I am proving the following statement:
Given any countable collection $\{\mu_{n}\}_{n=1}^{\infty}$ of measures on a measurable space $(\Omega,\mathcal{F})$, the summation $\mu:=\sum_{n=1}^{\infty}c_{n}\mu_{n}$ is also a measure on this space, for any constants $0\leq c_{n}<\infty$.
If I am not wrong, the proof is straightforward by using Tonelli's theorem to interchange the order of the double sum.
For any $A\in\mathcal{F}$, since $\mu_{n}$ is a measure and $c_{n}\geq 0$, we have $$\mu(A)=\sum_{n=1}^{\infty}c_{n}\mu_{n}(A)\geq \sum_{n=1}^{\infty}c_{n}\mu_{n}(\varnothing)=0=\mu(\varnothing).$$ Let $\{A_{k}\}_{k=1}^{\infty}$ be a collection of disjoint sets in $\mathcal{F}$. By the countable additivity of $\mu_{n}$, we can write $$\mu\Big(\bigcup_{k=1}^{\infty}A_{k}\Big)=\sum_{n=1}^{\infty}c_{n}\mu_{n}\Big(\bigcup_{k=1}^{\infty}A_{k}\Big)=\sum_{n=1}^{\infty}c_{n}\sum_{k=1}^{\infty}\mu_{n}(A_{k})=\sum_{n=1}^{\infty}\sum_{k=1}^{\infty}c_{n}\mu_{n}(A_{k}).$$ Since $c_{n}\geq 0$, the summand $c_{n}\mu_{n}(A_{k})$ is nonnegative for each $n,k$. Hence, we can interchange the order of the above double sum: $$\mu\Big(\bigcup_{k=1}^{\infty}A_{k}\Big)=\sum_{n=1}^{\infty}\sum_{k=1}^{\infty}c_{n}\mu_{n}(A_{k})=\sum_{k=1}^{\infty}\sum_{n=1}^{\infty}c_{n}\mu_{n}(A_{k})=\sum_{k=1}^{\infty}\mu(A_{k}).$$
My question is, in the above proof, I did not use the fact that $c_{n}<\infty$ at all. To use Tonelli's theorem, we don't even need the summand to be finite, but only nonnegative. I can't either find a counterexample where $\mu$ fails to be a measure when $c_{n}=\infty$ for some $n$. Why does the statement require $c_{n}$ to be finite for all $n$?
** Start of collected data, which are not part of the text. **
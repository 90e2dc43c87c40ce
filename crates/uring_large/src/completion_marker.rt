//! What completion entries of both sizes have in common.

ghost use Rattle.std.specs.Prelude.{◌≡◌, ◌∷◌, [], ℕ, ℤ, Bool, true, false, List, refl};
ghost use Rattle.uring_large.specs.Numbers.{completion_numbered, large_completion_numbered};
ghost use Rattle.uring_base.specs.declared.cqueue.Entry.{Entry};
ghost use Rattle.uring_large.specs.declared.completion_marker.TheConstants.{SETUP_CQE32};

use crate::cqueue::{Entry, Entry32};

/// The setup bit of a ring of completions of 32 bytes (`IORING_SETUP_CQE32`).
pub const SETUP_CQE32: u32 = 2048;

/// A form of completion entry: small ones, large ones, or both. It holds a small entry, and can be
/// made into it.
pub trait EntryMarker: Clone + Into<Entry> + Sized {
    // The setup bit of a ring of these entries.
    ghost BUILD_FLAGS: { ℕ };

    // The small entry that a value holds.
    ghost entry_of: { Self → Entry };

    // The two further numbers, zeros where it has none.
    ghost big_of: { Self → List ℕ };

    // Whether a value is a large entry.
    ghost large_of: { Self → Bool };

    // A value of these words, large where that is asked for, as far as it has a place for them.
    ghost made_of: { ℕ → ℤ → ℕ → Bool → List ℕ → Self };

    // A value with another number, all else as it was.
    ghost numbered: { Self → ℕ → Self };

    /// The bit that the setup of a ring of these entries needs: 0, or `SETUP_CQE32`.
    const BUILD_FLAGS: u32;

    /// The number that the submission entry carried.
    fn user_data(&self) -> u64
        ensures { result ≡ (entry_of self.now).user_data };

    /// Changes the number alone.
    fn set_user_data(&mut self, user_data: u64)
        ensures { self.new ≡ numbered self.old user_data };

    /// A completion of these words as a ring keeps it: a large one where that is asked for, in a
    /// ring of both sizes. The two further numbers are left out where it has no place for them.
    fn from_posted(user_data: u64, outcome: i32, flags: u32, large: bool, big: [u64; 2]) -> Self
        ensures { result ≡ made_of user_data outcome flags large big };

    /// The two further numbers, which are zeros where it has none.
    fn big(&self) -> [u64; 2]
        ensures { result ≡ big_of self.now };

    /// Whether the value is a large entry.
    fn is_large(&self) -> bool
        ensures { result ≡ large_of self.now };

    // The words that a value is made of are those of its small entry.
    ghost words_kept: { (user_data : ℕ) (outcome : ℤ) (flags : ℕ) (large : Bool) (big : List ℕ)
        → entry_of (made_of user_data outcome flags large big) ≡ record { user_data = user_data; result = outcome; flags = flags } };

    // What a value is made into is the small entry that it holds.
    ghost becomes: { (value : Self) (entry : Entry) → Self.Into.converts value entry → entry ≡ entry_of value };

    // The number that was set is read, and the other words of the small entry stay, as do the two further numbers and the size.
    ghost words_stay: { (value : Self) (number : ℕ) → entry_of (numbered value number) ≡ completion_numbered (entry_of value) number };

    ghost big_stays: { (value : Self) (number : ℕ) → big_of (numbered value number) ≡ big_of value };

    ghost large_stays: { (value : Self) (number : ℕ) → large_of (numbered value number) ≡ large_of value };

    // Nothing but the number changes: setting it back restores the value.
    ghost restores: { (value : Self) (number : ℕ) → numbered (numbered value number) (entry_of value).user_data ≡ value };
}

impl EntryMarker for Entry {
    ghost BUILD_FLAGS = { 0 };

    ghost entry_of = { λ entry. entry };

    ghost big_of = { λ entry. 0 ∷ 0 ∷ [] };

    ghost large_of = { λ entry. false };

    ghost made_of = { λ user_data outcome flags large big. record { user_data = user_data; result = outcome; flags = flags } };

    ghost words_kept = { λ user_data outcome flags large big. refl };

    ghost large_stays = { λ value number. refl };

    ghost numbered = { completion_numbered };

    ghost becomes = { λ value entry gives. gives };

    ghost words_stay = { λ value number. refl };

    ghost big_stays = { λ value number. refl };

    ghost restores = { λ value number. refl };

    const BUILD_FLAGS: u32 = 0;

    fn user_data(&self) -> u64 {
        self.user_data
    }

    fn set_user_data(&mut self, user_data: u64) {
        self.user_data = user_data;
    }

    fn from_posted(user_data: u64, outcome: i32, flags: u32, _large: bool, big: [u64; 2]) -> Entry {
        Entry::from_parts(user_data, outcome, flags, big)
    }

    fn big(&self) -> [u64; 2] {
        [0; 2]
    }

    fn is_large(&self) -> bool {
        false
    }
}

impl EntryMarker for Entry32 {
    ghost BUILD_FLAGS = { SETUP_CQE32 };

    ghost entry_of = { λ large. large.entry };

    ghost big_of = { λ large. large.big };

    ghost large_of = { λ large. true };

    ghost made_of = { λ user_data outcome flags large big. record { entry = record { user_data = user_data; result = outcome; flags = flags }; big = big } };

    ghost words_kept = { λ user_data outcome flags large big. refl };

    ghost large_stays = { λ value number. refl };

    ghost numbered = { large_completion_numbered };

    ghost becomes = { λ value entry gives. gives };

    ghost words_stay = { λ value number. refl };

    ghost big_stays = { λ value number. refl };

    ghost restores = { λ value number. refl };

    const BUILD_FLAGS: u32 = SETUP_CQE32;

    fn user_data(&self) -> u64 {
        self.entry.user_data
    }

    fn set_user_data(&mut self, user_data: u64) {
        self.entry.user_data = user_data;
    }

    fn from_posted(
        user_data: u64,
        outcome: i32,
        flags: u32,
        _large: bool,
        big: [u64; 2],
    ) -> Entry32 {
        Entry32::from_parts(user_data, outcome, flags, big)
    }

    fn big(&self) -> [u64; 2] {
        self.big
    }

    fn is_large(&self) -> bool {
        true
    }
}
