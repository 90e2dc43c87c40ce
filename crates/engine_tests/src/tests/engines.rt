use crate::tests::helpers::{
    all_over, assert_completes, assert_in_flight, assert_resolved, cancel_under, completion,
    engine_of, is_key_in_use, is_ring_full, nop_under, start_nop, turn,
};
use crate::tests::quiet_ends::quiet_under;
use bitflags::Flags as _;
use partner_traits::Seedable;
use rent_engine::{Engine, EngineFault, OneAnswer, OneOp, OpState, Poll, Step};
use std::alloc::Global;
use std::process::Abort;
use uring_base::errno::{ECANCELED, ENOENT};
use uring_base::squeue::Entry;
use uring_base::types::Fixed;
use uring_base::{Buf, Completion, Loan, cqueue};
use uring_ops_file::{Nop, Read};
use uring_partner::MemoryPartner;
use uring_ring::IoUring;

/// Each call that can find no memory answers otherwise where there is memory.
#[test]
fn each_call_of_the_engine(rt: HostRuntime) {
    let alloc = rt.alloc();
    let mut engine = engine_of(&rt, alloc, 2);
    let mut partner = MemoryPartner::new(alloc);
    start_and_turn(&rt, alloc, &mut engine, &mut partner);
    nop_as_a_state(&rt, alloc, &mut engine, &mut partner);
    assert!(rt; quiet_under(alloc, &mut engine, 9, 10).is_ok());
}

fn start_and_turn(
    rt: &impl Abort,
    alloc: Global,
    engine: &mut Engine<IoUring>,
    partner: &mut MemoryPartner,
) {
    start_nop(rt, alloc, engine, 5);
    assert!(rt; engine.pump(alloc).is_ok());
    assert!(rt; engine.reserve(alloc, 3).is_ok());
    turn(rt, alloc, engine, partner);
    assert!(rt; cancel_under(alloc, engine, 5, 6).is_ok());
}

fn nop_as_a_state(
    rt: &impl Abort,
    alloc: Global,
    engine: &mut Engine<IoUring>,
    partner: &mut MemoryPartner,
) {
    let mut op = OneOp::new(Nop::new().build(), None);
    assert!(rt; op.poll(alloc, engine).is_pending());
    turn(rt, alloc, engine, partner);
    assert!(rt; is_ready(op.poll(alloc, engine)));
    assert!(rt; op.is_done());
}

/// Whether the operation was started and is resolved.
fn is_ready(polled: Poll<OneAnswer>) -> bool {
    matches!(polled, Poll::Ready(OneAnswer::Done(_)))
}

/// One operation at a time, on a ring of one entry.
#[test]
fn ring_of_one(rt: HostRuntime) {
    let alloc = rt.alloc();
    let mut engine = engine_of(&rt, alloc, 1);
    let mut partner = MemoryPartner::new(alloc);
    one_at_a_time(&rt, alloc, &mut engine, &mut partner);
}

fn one_at_a_time(
    rt: &impl Abort,
    alloc: Global,
    engine: &mut Engine<IoUring>,
    partner: &mut MemoryPartner,
) {
    nop_alone(rt, alloc, engine, partner);
    cancel_alone(rt, alloc, engine, partner);
}

fn nop_alone(
    rt: &impl Abort,
    alloc: Global,
    engine: &mut Engine<IoUring>,
    partner: &mut MemoryPartner,
) {
    let started = nop_under(alloc, engine, 5);
    assert!(rt; is_key_in_use(nop_under(alloc, engine, 5)));
    assert!(rt; is_ring_full(nop_under(alloc, engine, 6)));
    assert_eq!(rt; turn(rt, alloc, engine, partner), all_over(1));
    assert_resolved(rt, engine, started, 0);
    assert_eq!(rt; engine.fresh(), 0);
}

fn cancel_alone(
    rt: &impl Abort,
    alloc: Global,
    engine: &mut Engine<IoUring>,
    partner: &mut MemoryPartner,
) {
    let canceled = cancel_under(alloc, engine, 9, 7);
    assert_eq!(rt; turn(rt, alloc, engine, partner), all_over(1));
    assert_resolved(rt, engine, canceled, -ENOENT);
}

/// Five kinds of completions that no operation in flight may have, and what then may come.
#[test]
fn strangers(rt: HostRuntime) {
    let alloc = rt.alloc();
    let mut engine = engine_of(&rt, alloc, 2);
    strangers_of_two(&rt, alloc, &mut engine);
}

fn strangers_of_two(rt: &impl Abort, alloc: Global, engine: &mut Engine<IoUring>) {
    start_read(rt, alloc, engine, 0);
    start_nop(rt, alloc, engine, 1);
    five_strangers(rt, alloc, engine);
    step_and_end(rt, alloc, engine);
}

/// Starts a read of two bytes, and drops its key.
fn start_read(rt: &impl Abort, alloc: Global, engine: &mut Engine<IoUring>, number: u64) {
    let buf = Buf::from_slice(alloc, b"ab").expect(rt, "memory");
    assert!(rt;
        engine
            .start(alloc, number, read_of(2, 0), 0, Some(buf))
            .is_ok()
    );
}

/// Reads so many bytes of file 3.
fn read_of(len: u32, offset: u64) -> Entry {
    Read::new(Fixed(3), 0, len).offset(offset).build()
}

fn five_strangers(rt: &impl Abort, alloc: Global, engine: &mut Engine<IoUring>) {
    let last = cqueue::Flags::empty().bits();
    let more = cqueue::Flags::MORE.bits();
    assert_stranger(rt, engine, completion(9, last, None));
    assert_stranger(rt, engine, completion(0, last, None));
    assert_stranger(rt, engine, completion(0, last, loan_of(rt, alloc, 9)));
    assert_stranger(rt, engine, completion(0, more, loan_of(rt, alloc, 0)));
    assert_stranger(rt, engine, completion(1, last, loan_of(rt, alloc, 1)));
}

fn loan_of(rt: &impl Abort, alloc: Global, number: u64) -> Option<Loan> {
    Some(Loan {
        number,
        from: 0,
        buf: Buf::from_slice(alloc, b"ab").expect(rt, "memory"),
    })
}

/// Asserts that the completion is a stranger, and that two operations are in flight still.
fn assert_stranger(rt: &impl Abort, engine: &mut Engine<IoUring>, strange: Completion) {
    let stranger = EngineFault::Stranger(strange.user_data);
    assert_completes(rt, engine, strange, Err(stranger));
    assert_in_flight(rt, engine, 2);
}

/// The read takes a step, and then its last completion.
fn step_and_end(rt: &impl Abort, alloc: Global, engine: &mut Engine<IoUring>) {
    let last = cqueue::Flags::empty().bits();
    let more = cqueue::Flags::MORE.bits();
    let step = Step {
        number: 0,
        result: 7,
        flags: more,
    };
    assert_completes(rt, engine, completion(0, more, None), Ok(Some(step)));
    let end = completion(0, last, loan_of(rt, alloc, 0));
    assert_completes(rt, engine, end, Ok(None));
    assert_in_flight(rt, engine, 1);
    assert_eq!(rt; engine.fresh(), 2);
}

/// A read gets the bytes of the file that it names.
#[test]
fn one_read(rt: HostRuntime) {
    let alloc = rt.alloc();
    let mut engine = engine_of(&rt, alloc, 2);
    let mut partner = MemoryPartner::new(alloc);
    put_hello(&rt, alloc, &mut partner);
    read_four(&rt, alloc, &mut engine, &mut partner);
}

/// Makes file 3 of the bytes `hello`.
fn put_hello(rt: &impl Abort, alloc: Global, partner: &mut MemoryPartner) {
    let hello = Buf::from_slice(alloc, b"hello").expect(rt, "memory");
    assert!(rt; partner.put_file(alloc, 3, hello).is_ok());
}

fn read_four(
    rt: &impl Abort,
    alloc: Global,
    engine: &mut Engine<IoUring>,
    partner: &mut MemoryPartner,
) {
    let zeros = Buf::zeroed(alloc, 4).expect(rt, "memory");
    let mut op = OneOp::new(read_of(4, 1), Some(zeros)).with_number(8);
    assert!(rt; op.poll(alloc, engine).is_pending());
    turn(rt, alloc, engine, partner);
    assert_brings(rt, op.poll(alloc, engine), b"ello");
}

/// Asserts that the operation is done and brought these bytes.
fn assert_brings(rt: &impl Abort, polled: Poll<OneAnswer>, bytes: &[u8]) {
    let buf = brought_by(polled).expect(rt, "no buffer");
    assert_eq!(rt; buf.as_slice(), bytes);
}

/// The buffer that an operation brought, where it is done.
fn brought_by(polled: Poll<OneAnswer>) -> Option<Buf> {
    match polled {
        Poll::Ready(OneAnswer::Done(done)) => done.buf,
        _ => None,
    }
}

/// A cancel finds what is in flight, which is then resolved by its own completion. It is refused as
/// any operation is.
#[test]
fn cancels(rt: HostRuntime) {
    let alloc = rt.alloc();
    let mut engine = engine_of(&rt, alloc, 2);
    let mut partner = MemoryPartner::new(alloc);
    cancel_nop(&rt, alloc, &mut engine, &mut partner);
}

fn cancel_nop(
    rt: &impl Abort,
    alloc: Global,
    engine: &mut Engine<IoUring>,
    partner: &mut MemoryPartner,
) {
    let canceled = cancel_under(alloc, engine, 4, 3);
    assert!(rt; is_key_in_use(cancel_under(alloc, engine, 4, 3)));
    let nop = nop_under(alloc, engine, 4);
    assert!(rt; is_ring_full(cancel_under(alloc, engine, 4, 5)));
    assert_eq!(rt; turn(rt, alloc, engine, partner), all_over(2));
    assert_resolved(rt, engine, canceled, 0);
    assert_resolved(rt, engine, nop, -ECANCELED);
}
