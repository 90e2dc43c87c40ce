//! Completion entries of either size.

ghost use Rattle.std.specs.Prelude.{◌≡◌};
ghost use Rattle.uring_large.specs.Mixed.{completion_in, further_numbers, is_large_completion, mixed_completion, mixed_completion_numbered};
ghost use Rattle.uring_large.specs.MixedLaws.{completion_words_kept, completion_words_stay, further_numbers_stay, completion_size_stays, completion_restores};

use crate::completion_marker::EntryMarker;
use crate::cqueue::{Entry, Entry32};

/// A completion entry of a ring that has both sizes. A large one takes one slot, as a small one
/// does.
#[derive(Clone, Copy, PartialEq, Eq, Debug)]
pub enum MixedCompletion {
    Small(Entry),
    Large(Entry32),
}

/// The small entry, without the two further numbers of a large one.
impl From<MixedCompletion> for Entry {
    ghost from_gives = { λ mixed entry. entry ≡ completion_in mixed };

    fn from(mixed: MixedCompletion) -> Entry {
        match mixed {
            MixedCompletion::Small(entry) => entry,
            MixedCompletion::Large(large) => large.entry,
        }
    }
}

impl EntryMarker for MixedCompletion {
    ghost BUILD_FLAGS = { 0 };

    ghost entry_of = { completion_in };

    ghost big_of = { further_numbers };

    ghost large_of = { is_large_completion };

    ghost made_of = { mixed_completion };

    ghost words_kept = { completion_words_kept };

    ghost numbered = { mixed_completion_numbered };

    ghost becomes = { λ value entry gives. gives };

    ghost words_stay = { completion_words_stay };

    ghost big_stays = { further_numbers_stay };

    ghost large_stays = { completion_size_stays };

    ghost restores = { completion_restores };

    const BUILD_FLAGS: u32 = 0;

    fn user_data(&self) -> u64 {
        match self {
            MixedCompletion::Small(entry) => entry.user_data,
            MixedCompletion::Large(large) => large.entry.user_data,
        }
    }

    fn set_user_data(&mut self, user_data: u64) {
        match self {
            MixedCompletion::Small(entry) => entry.user_data = user_data,
            MixedCompletion::Large(large) => large.entry.user_data = user_data,
        }
    }

    fn from_posted(
        user_data: u64,
        outcome: i32,
        flags: u32,
        large: bool,
        big: [u64; 2],
    ) -> MixedCompletion {
        if large {
            MixedCompletion::Large(Entry32::from_parts(user_data, outcome, flags, big))
        } else {
            MixedCompletion::Small(Entry::from_parts(user_data, outcome, flags, big))
        }
    }

    fn big(&self) -> [u64; 2] {
        match self {
            MixedCompletion::Small(_entry) => [0; 2],
            MixedCompletion::Large(large) => large.big,
        }
    }

    fn is_large(&self) -> bool {
        matches!(self, MixedCompletion::Large(_))
    }
}
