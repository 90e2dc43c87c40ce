//! Large completion entries as bytes.

ghost use Rattle.std.specs.Prelude.{◌≡◌};
ghost use Rattle.uring_large.specs.Layouts.{large_completion_at, large_completion_bytes, FitsLarge};

use crate::cqueue::{Entry, Entry32};
use uring_base::words::long_from;

impl Entry32 {
    /// The 32 bytes of the entry: those of a small one, and then the two further numbers.
    pub fn to_bytes(&self) -> [u8; 32]
        ensures value { result ≡ large_completion_bytes self.now }
        ensures inverse { large_completion_at result ≡ self.now }
    {
        let bytes = self.written();
        self.keep_words();
        bytes
    }

    // The words fit their types.
    fn keep_words(&self)
        ensures { FitsLarge self.now }
    {
        let _user_data = self.entry.user_data;
        let _outcome = self.entry.result;
        let _flags = self.entry.flags;
        let _front = self.big[0];
        let _back = self.big[1];
    }

    // The bytes of the entry, word by word.
    fn written(&self) -> [u8; 32]
        ensures { result ≡ large_completion_bytes self.now }
    {
        let mut bytes = [0; 32];
        bytes[..16].copy_from_slice(&self.entry.to_bytes());
        bytes[16..24].copy_from_slice(&self.big[0].to_le_bytes());
        bytes[24..].copy_from_slice(&self.big[1].to_le_bytes());
        bytes
    }

    /// The entry that 32 bytes hold.
    pub fn from_bytes(bytes: &[u8; 32]) -> Entry32
        ensures value { result ≡ large_completion_at bytes.now }
        ensures inverse { large_completion_bytes result ≡ bytes.now }
    {
        let head: &[u8; 16] = bytes.first_chunk().unwrap();
        Entry32 {
            entry: Entry::from_bytes(head),
            big: [long_from(bytes, 16), long_from(bytes, 24)],
        }
    }
}
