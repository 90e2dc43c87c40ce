use crate::tests::helpers::{
    assert_in_flight, assert_resolved, engine_of, nop_under, start_nop, turn,
};
use bitflags::Flags as _;
use rent_engine::{Engine, Step};
use std::alloc::Global;
use std::process::Abort;
use uring_base::cqueue;
use uring_partner::{HostilePartner, LoanPlan, Scripted};
use uring_ring::IoUring;

/// A partner that posts for number 5 in three turns: results 1 and 2, and with the last one 3.
fn three_posts(rt: &impl Abort, alloc: Global) -> HostilePartner {
    let more = cqueue::Flags::MORE.bits();
    let last = cqueue::Flags::empty().bits();
    let mut script = Vec::new(alloc);
    for (outcome, flags) in [(1, more), (2, more), (3, last)] {
        push_post(rt, &mut script, outcome, flags);
    }
    HostilePartner::new(alloc, script)
}

/// Adds a turn with one post.
fn push_post(rt: &impl Abort, script: &mut Vec<Scripted>, outcome: i32, flags: u32) {
    let post = Scripted::Post {
        user_data: 5,
        result: outcome,
        flags,
        loan: LoanPlan::Nothing,
    };
    assert!(rt; script.push(post).is_ok());
    assert!(rt; script.push(Scripted::Turn).is_ok());
}

/// Starts number 5, and forgets it.
fn start_forgotten(rt: &impl Abort, alloc: Global, engine: &mut Engine<IoUring>) {
    let key = nop_under(alloc, engine, 5).expect(rt, "not started");
    engine.forget(key);
}

/// The step of number 5 with this result.
fn step_with(outcome: i32) -> Step {
    Step {
        number: 5,
        result: outcome,
        flags: cqueue::Flags::MORE.bits(),
    }
}

/// Two starts on a ring of two, with room for both.
#[test]
fn reserved_starts(rt: HostRuntime) {
    let alloc = rt.alloc();
    let mut engine = engine_of(&rt, alloc, 2);
    start_reserved(&rt, alloc, &mut engine);
}

fn start_reserved(rt: &impl Abort, alloc: Global, engine: &mut Engine<IoUring>) {
    assert!(rt; engine.reserve(alloc, 2).is_ok());
    start_nop(rt, alloc, engine, 0);
    start_nop(rt, alloc, engine, 1);
}

/// An operation that was forgotten is in flight until its last completion, and keeps no step.
#[test]
fn forgotten_until_the_last(rt: HostRuntime) {
    let alloc = rt.alloc();
    let mut partner = three_posts(&rt, alloc);
    let mut engine = engine_of(&rt, alloc, 2);
    start_forgotten(&rt, alloc, &mut engine);
    turns_without_steps(&rt, alloc, &mut engine, &mut partner);
    start_nop(&rt, alloc, &mut engine, 5);
}

fn turns_without_steps(
    rt: &impl Abort,
    alloc: Global,
    engine: &mut Engine<IoUring>,
    partner: &mut HostilePartner,
) {
    for in_flight in [1, 1, 0] {
        turn(rt, alloc, engine, partner);
        assert_in_flight(rt, engine, in_flight);
        assert_eq!(rt; engine.next_step(5), None);
    }
}

/// The steps of an operation come out in order, and then its result.
#[test]
fn steps_then_the_result(rt: HostRuntime) {
    let alloc = rt.alloc();
    let mut partner = three_posts(&rt, alloc);
    let mut engine = engine_of(&rt, alloc, 2);
    steps_in_order(&rt, alloc, &mut engine, &mut partner);
}

fn steps_in_order(
    rt: &impl Abort,
    alloc: Global,
    engine: &mut Engine<IoUring>,
    partner: &mut HostilePartner,
) {
    let started = nop_under(alloc, engine, 5);
    for _ in 0..3 {
        turn(rt, alloc, engine, partner);
    }
    assert_eq!(rt; engine.next_step(5), Some(step_with(1)));
    assert_eq!(rt; engine.next_step(5), Some(step_with(2)));
    assert_eq!(rt; engine.next_step(5), None);
    assert_resolved(rt, engine, started, 3);
}
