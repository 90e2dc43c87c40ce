//! What submission entries of both sizes have in common.

ghost use Rattle.std.specs.Prelude.{◌≡◌, ℕ, Bool, true, false, List, refl, replicate};
ghost use Rattle.std.proofs.Common.{ap};
ghost use Rattle.uring_large.specs.Numbers.{entry_numbered, large_entry_numbered};
ghost use Rattle.uring_base.specs.declared.squeue.Entry.{Entry};
ghost use Rattle.uring_large.specs.declared.entry_marker.TheConstants.{SETUP_SQE128};

use crate::squeue::{Entry, Entry128};

/// The setup bit of a ring of entries of 128 bytes (`IORING_SETUP_SQE128`).
pub const SETUP_SQE128: u32 = 1024;

/// A form of submission entry: small ones, large ones, or both. It is made from a small entry, and
/// holds one.
pub trait EntryMarker: Clone + From<Entry> + Sized {
    // The setup bit of a ring of these entries.
    ghost BUILD_FLAGS: { ℕ };

    // The small entry that a value holds.
    ghost entry_of: { Self → Entry };

    // The 64 bytes behind the small entry, zeros where it has none.
    ghost big_of: { Self → List ℕ };

    // Whether a value is a large entry.
    ghost large_of: { Self → Bool };

    // Whether what is made from a small entry is a large one.
    ghost made_large: { Bool };

    // A value with another number, all else as it was.
    ghost numbered: { Self → ℕ → Self };

    /// The bit that the setup of a ring of these entries needs: 0, or `SETUP_SQE128`.
    const BUILD_FLAGS: u32;

    /// Sets the number that comes back with the completion.
    fn set_user_data(&mut self, user_data: u64)
        ensures { self.new ≡ numbered self.old user_data };

    /// The number that comes back with the completion.
    fn get_user_data(&self) -> u64
        ensures { result ≡ (entry_of self.now).user_data };

    /// The small entry that the value holds.
    fn base(&self) -> Entry
        ensures { result ≡ entry_of self.now };

    /// The 64 bytes behind the small entry, which are zeros where it has none.
    fn big(&self) -> [u8; 64]
        ensures { result ≡ big_of self.now };

    /// Whether the value is a large entry.
    fn is_large(&self) -> bool
        ensures { result ≡ large_of self.now };

    // A value that is made from a small entry holds that entry, has zeros behind it, and has the same size each time.
    ghost holds: { (entry : Entry) (value : Self) → Self.From.from_gives entry value → entry_of value ≡ entry };

    ghost blank_behind: { (entry : Entry) (value : Self) → Self.From.from_gives entry value → big_of value ≡ replicate 64 0 };

    ghost sized: { (entry : Entry) (value : Self) → Self.From.from_gives entry value → large_of value ≡ made_large };

    // The number that was set is read, and the other words of the small entry stay, as do the bytes behind it and the size.
    ghost words_stay: { (value : Self) (number : ℕ) → entry_of (numbered value number) ≡ entry_numbered (entry_of value) number };

    ghost big_stays: { (value : Self) (number : ℕ) → big_of (numbered value number) ≡ big_of value };

    ghost large_stays: { (value : Self) (number : ℕ) → large_of (numbered value number) ≡ large_of value };

    // Nothing but the number changes: setting it back restores the value.
    ghost restores: { (value : Self) (number : ℕ) → numbered (numbered value number) (entry_of value).user_data ≡ value };
}

impl EntryMarker for Entry {
    ghost BUILD_FLAGS = { 0 };

    ghost entry_of = { λ entry. entry };

    ghost big_of = { λ entry. replicate 64 0 };

    ghost large_of = { λ entry. false };

    ghost made_large = { false };

    ghost numbered = { entry_numbered };

    ghost holds = { λ entry value gives. gives };

    ghost blank_behind = { λ entry value gives. refl };

    ghost sized = { λ entry value gives. refl };

    ghost large_stays = { λ value number. refl };

    ghost words_stay = { λ value number. refl };

    ghost big_stays = { λ value number. refl };

    ghost restores = { λ value number. refl };

    const BUILD_FLAGS: u32 = 0;

    fn set_user_data(&mut self, user_data: u64) {
        self.user_data = user_data;
    }

    fn get_user_data(&self) -> u64 {
        self.user_data
    }

    fn base(&self) -> Entry {
        *self
    }

    fn big(&self) -> [u8; 64] {
        [0; 64]
    }

    fn is_large(&self) -> bool {
        false
    }
}

impl EntryMarker for Entry128 {
    ghost BUILD_FLAGS = { SETUP_SQE128 };

    ghost entry_of = { λ large. large.entry };

    ghost big_of = { λ large. large.big };

    ghost large_of = { λ large. true };

    ghost made_large = { true };

    ghost numbered = { large_entry_numbered };

    ghost holds = { λ entry value gives. ap (λ large. large.entry) gives };

    ghost blank_behind = { λ entry value gives. ap (λ large. large.big) gives };

    ghost sized = { λ entry value gives. refl };

    ghost large_stays = { λ value number. refl };

    ghost words_stay = { λ value number. refl };

    ghost big_stays = { λ value number. refl };

    ghost restores = { λ value number. refl };

    const BUILD_FLAGS: u32 = SETUP_SQE128;

    fn set_user_data(&mut self, user_data: u64) {
        self.entry.user_data = user_data;
    }

    fn get_user_data(&self) -> u64 {
        self.entry.user_data
    }

    fn base(&self) -> Entry {
        self.entry
    }

    fn big(&self) -> [u8; 64] {
        self.big
    }

    fn is_large(&self) -> bool {
        true
    }
}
Ok, the note I was following focused more on probability measure, so I guess he implicitly assumed that the measure it was talking about is a finite measure. So, every $\mu_{n}$ has range $[0,\infty)$, and he wants to show that $\mu$ is also a (finite) measure. This is perhaps why he just assumed $0\leq c_{n}<\infty$.
My proof works well if $c_{n}=\infty$, since the Tonelli's theorem applies even when the summand is infinite, as long as the summand is nonnegative.